Records provided
//! What look-ahead shows of a field while memory is wanting.

ghost use Rattle.juniper_lookahead.specs.Expansion.{IsAcyclic};
ghost use Rattle.juniper_syntax.specs.Scalars.{default_shown};

use crate::inputs::{Scalar, read_field};
use crate::turns::{Ended, Room, Task, Turn, tried};
use juniper_language::{Field, Fragments, Variables};
use juniper_lookahead::{LookAheadChildren, LookAheadSelection};
use std::alloc::{AllocError, Global};
use std::collections::HashMap;

/// What is asked of a selection.
#[derive(Clone, Copy)]
enum Asked {
    /// Its children.
    Children,
    /// Those for the type `Human`.
    OfHumans,
    /// A copy of its children.
    Copy,
}

/// A selection, what is asked of it, and the names of what is answered.
#[derive(Drop)]
struct Looking<'r, 'd, 'a> {
    selection: LookAheadSelection<'r, 'd, 'a, Scalar>,
    asked: Asked,
    expected: &'static str,
}

/// The children of a field, some of them inside fragments.
const FIELD: &str = r#"{ hero(first: 2) {
  id name own: age ... { height } ... on Human { home { id } ... on Droid { model } last: name }
  left @skip(if: true) ... on Droid @include(if: false) { far } friends { name } ... on Human { end }
} }"#;

/// The names of all children.
const ALL: &str = "id name own height home model last friends end ";

/// The names of those for humans.
const HUMANS: &str = "id name own height home last friends end ";

impl<'r, 'd, 'a> Task for Looking<'r, 'd, 'a> {
    fn turn(&mut self, alloc: Global, room: Room) -> Turn {
        match self.asked {
            Asked::Children => {
                let held_back = room.hold_back(alloc);
                let outcome = self.selection.children(alloc);
                drop(held_back);
                self.ending(alloc, outcome)
            }
            Asked::OfHumans => {
                let held_back = room.hold_back(alloc);
                let outcome = self.selection.children_for_explicit_type(alloc, "Human");
                drop(held_back);
                self.ending(alloc, outcome)
            }
            Asked::Copy => match self.selection.children(alloc) {
                Ok(children) => self.copying(alloc, room, &children),
                Err(_) => Turn::Wrong,
            },
        }
    }
}

impl<'r, 'd, 'a> Looking<'r, 'd, 'a> {
    /// How a turn ended that answered these children. The selection is as it was where the room is ample.
    fn ending(
        &self,
        alloc: Global,
        outcome: Result<LookAheadChildren<'r, 'd, 'a, Scalar>, AllocError>,
    ) -> Turn {
        if self.selection.field_name() != "hero" || !self.selection.has_arguments() {
            return Turn::Wrong;
        }
        match outcome {
            Ok(children) if are_named(alloc, &children, self.expected) => Turn::Answered,
            Ok(_) => Turn::Wrong,
            Err(_) => Turn::Refused,
        }
    }

    /// How a turn ended in which these children are copied.
    fn copying(
        &self,
        alloc: Global,
        room: Room,
        children: &LookAheadChildren<'r, 'd, 'a, Scalar>,
    ) -> Turn {
        let held_back = room.hold_back(alloc);
        let outcome = children.try_clone(alloc);
        drop(held_back);
        if are_named(alloc, children, ALL) {
            self.ending(alloc, outcome)
        } else {
            Turn::Wrong
        }
    }
}

/// Whether these are the names of the children, in order.
fn are_named(
    alloc: Global,
    children: &LookAheadChildren<'_, '_, '_, Scalar>,
    expected: &str,
) -> bool {
    match names_of(alloc, children) {
        Ok(names) => names.as_str() == expected,
        Err(_) => false,
    }
}

/// The names of the children, a space behind each.
fn names_of(
    alloc: Global,
    children: &LookAheadChildren<'_, '_, '_, Scalar>,
) -> Result<String, AllocError> {
    let mut names = String::new(alloc);
    for name in children.names() {
        names.push_str(name)?;
        names.push_str(" ")?;
    }
    Ok(names)
}

/// No fragments.
fn no_fragments<'d, 'a>(alloc: Global) -> Fragments<'d, 'a, Scalar>
    ensures { IsAcyclic default_shown result }
{
    HashMap::new(alloc)
}

/// How the turns ended in which this is asked of the field.
fn looked(alloc: Global, asked: Asked, expected: &'static str) -> Result<Ended, AllocError> {
    let field: &Field<'_, Scalar> = read_field(alloc, FIELD)?;
    let variables: Variables<Scalar> = Variables::new(alloc);
    let fragments = no_fragments(alloc);
    let mut looking = Looking {
        selection: LookAheadSelection::new(field, &variables, &fragments),
        asked,
        expected,
    };
    tried(alloc, &mut looking)
}

#[test]
fn children_are_shown(rt: HostRuntime) {
    assert_eq!(rt;
        looked(rt.alloc(), Asked::Children, ALL),
        Ok(Ended::Answered)
    );
}

#[test]
fn children_for_a_type_are_shown(rt: HostRuntime) {
    assert_eq!(rt;
        looked(rt.alloc(), Asked::OfHumans, HUMANS),
        Ok(Ended::Answered)
    );
}

#[test]
fn children_are_copied(rt: HostRuntime) {
    assert_eq!(rt; looked(rt.alloc(), Asked::Copy, ALL), Ok(Ended::Answered));
}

What you are asked to do
Exactly as they stand, restate all the lines of the listing.

Result of the exercise
//! What look-ahead shows of a field while memory is wanting.

ghost use Rattle.juniper_lookahead.specs.Expansion.{IsAcyclic};
ghost use Rattle.juniper_syntax.specs.Scalars.{default_shown};

use crate::inputs::{Scalar, read_field};
use crate::turns::{Ended, Room, Task, Turn, tried};
use juniper_language::{Field, Fragments, Variables};
use juniper_lookahead::{LookAheadChildren, LookAheadSelection};
use std::alloc::{AllocError, Global};
use std::collections::HashMap;

/// What is asked of a selection.
#[derive(Clone, Copy)]
enum Asked {
    /// Its children.
    Children,
    /// Those for the type `Human`.
    OfHumans,
    /// A copy of its children.
    Copy,
}

/// A selection, what is asked of it, and the names of what is answered.
#[derive(Drop)]
struct Looking<'r, 'd, 'a> {
    selection: LookAheadSelection<'r, 'd, 'a, Scalar>,
    asked: Asked,
    expected: &'static str,
}

/// The children of a field, some of them inside fragments.
const FIELD: &str = r#"{ hero(first: 2) {
  id name own: age ... { height } ... on Human { home { id } ... on Droid { model } last: name }
  left @skip(if: true) ... on Droid @include(if: false) { far } friends { name } ... on Human { end }
} }"#;

/// The names of all children.
const ALL: &str = "id name own height home model last friends end ";

/// The names of those for humans.
const HUMANS: &str = "id name own height home last friends end ";

impl<'r, 'd, 'a> Task for Looking<'r, 'd, 'a> {
    fn turn(&mut self, alloc: Global, room: Room) -> Turn {
        match self.asked {
            Asked::Children => {
                let held_back = room.hold_back(alloc);
                let outcome = self.selection.children(alloc);
                drop(held_back);
                self.ending(alloc, outcome)
            }
            Asked::OfHumans => {
                let held_back = room.hold_back(alloc);
                let outcome = self.selection.children_for_explicit_type(alloc, "Human");
                drop(held_back);
                self.ending(alloc, outcome)
            }
            Asked::Copy => match self.selection.children(alloc) {
                Ok(children) => self.copying(alloc, room, &children),
                Err(_) => Turn::Wrong,
            },
        }
    }
}

impl<'r, 'd, 'a> Looking<'r, 'd, 'a> {
    /// How a turn ended that answered these children. The selection is as it was where the room is ample.
    fn ending(
        &self,
        alloc: Global,
        outcome: Result<LookAheadChildren<'r, 'd, 'a, Scalar>, AllocError>,
    ) -> Turn {
        if self.selection.field_name() != "hero" || !self.selection.has_arguments() {
            return Turn::Wrong;
        }
        match outcome {
            Ok(children) if are_named(alloc, &children, self.expected) => Turn::Answered,
            Ok(_) => Turn::Wrong,
            Err(_) => Turn::Refused,
        }
    }

    /// How a turn ended in which these children are copied.
    fn copying(
        &self,
        alloc: Global,
        room: Room,
        children: &LookAheadChildren<'r, 'd, 'a, Scalar>,
    ) -> Turn {
        let held_back = room.hold_back(alloc);
        let outcome = children.try_clone(alloc);
        drop(held_back);
        if are_named(alloc, children, ALL) {
            self.ending(alloc, outcome)
        } else {
            Turn::Wrong
        }
    }
}

/// Whether these are the names of the children, in order.
fn are_named(
    alloc: Global,
    children: &LookAheadChildren<'_, '_, '_, Scalar>,
    expected: &str,
) -> bool {
    match names_of(alloc, children) {
        Ok(names) => names.as_str() == expected,
        Err(_) => false,
    }
}

/// The names of the children, a space behind each.
fn names_of(
    alloc: Global,
    children: &LookAheadChildren<'_, '_, '_, Scalar>,
) -> Result<String, AllocError> {
    let mut names = String::new(alloc);
    for name in children.names() {
        names.push_str(name)?;
        names.push_str(" ")?;
    }
    Ok(names)
}

/// No fragments.
fn no_fragments<'d, 'a>(alloc: Global) -> Fragments<'d, 'a, Scalar>
    ensures { IsAcyclic default_shown result }
{
    HashMap::new(alloc)
}

/// How the turns ended in which this is asked of the field.
fn looked(alloc: Global, asked: Asked, expected: &'static str) -> Result<Ended, AllocError> {
    let field: &Field<'_, Scalar> = read_field(alloc, FIELD)?;
    let variables: Variables<Scalar> = Variables::new(alloc);
    let fragments = no_fragments(alloc);
    let mut looking = Looking {
        selection: LookAheadSelection::new(field, &variables, &fragments),
        asked,
        expected,
    };
    tried(alloc, &mut looking)
}

#[test]
fn children_are_shown(rt: HostRuntime) {
    assert_eq!(rt;
        looked(rt.alloc(), Asked::Children, ALL),
        Ok(Ended::Answered)
    );
}

#[test]
fn children_for_a_type_are_shown(rt: HostRuntime) {
    assert_eq!(rt;
        looked(rt.alloc(), Asked::OfHumans, HUMANS),
        Ok(Ended::Answered)
    );
}

#[test]
fn children_are_copied(rt: HostRuntime) {
    assert_eq!(rt; looked(rt.alloc(), Asked::Copy, ALL), Ok(Ended::Answered));
}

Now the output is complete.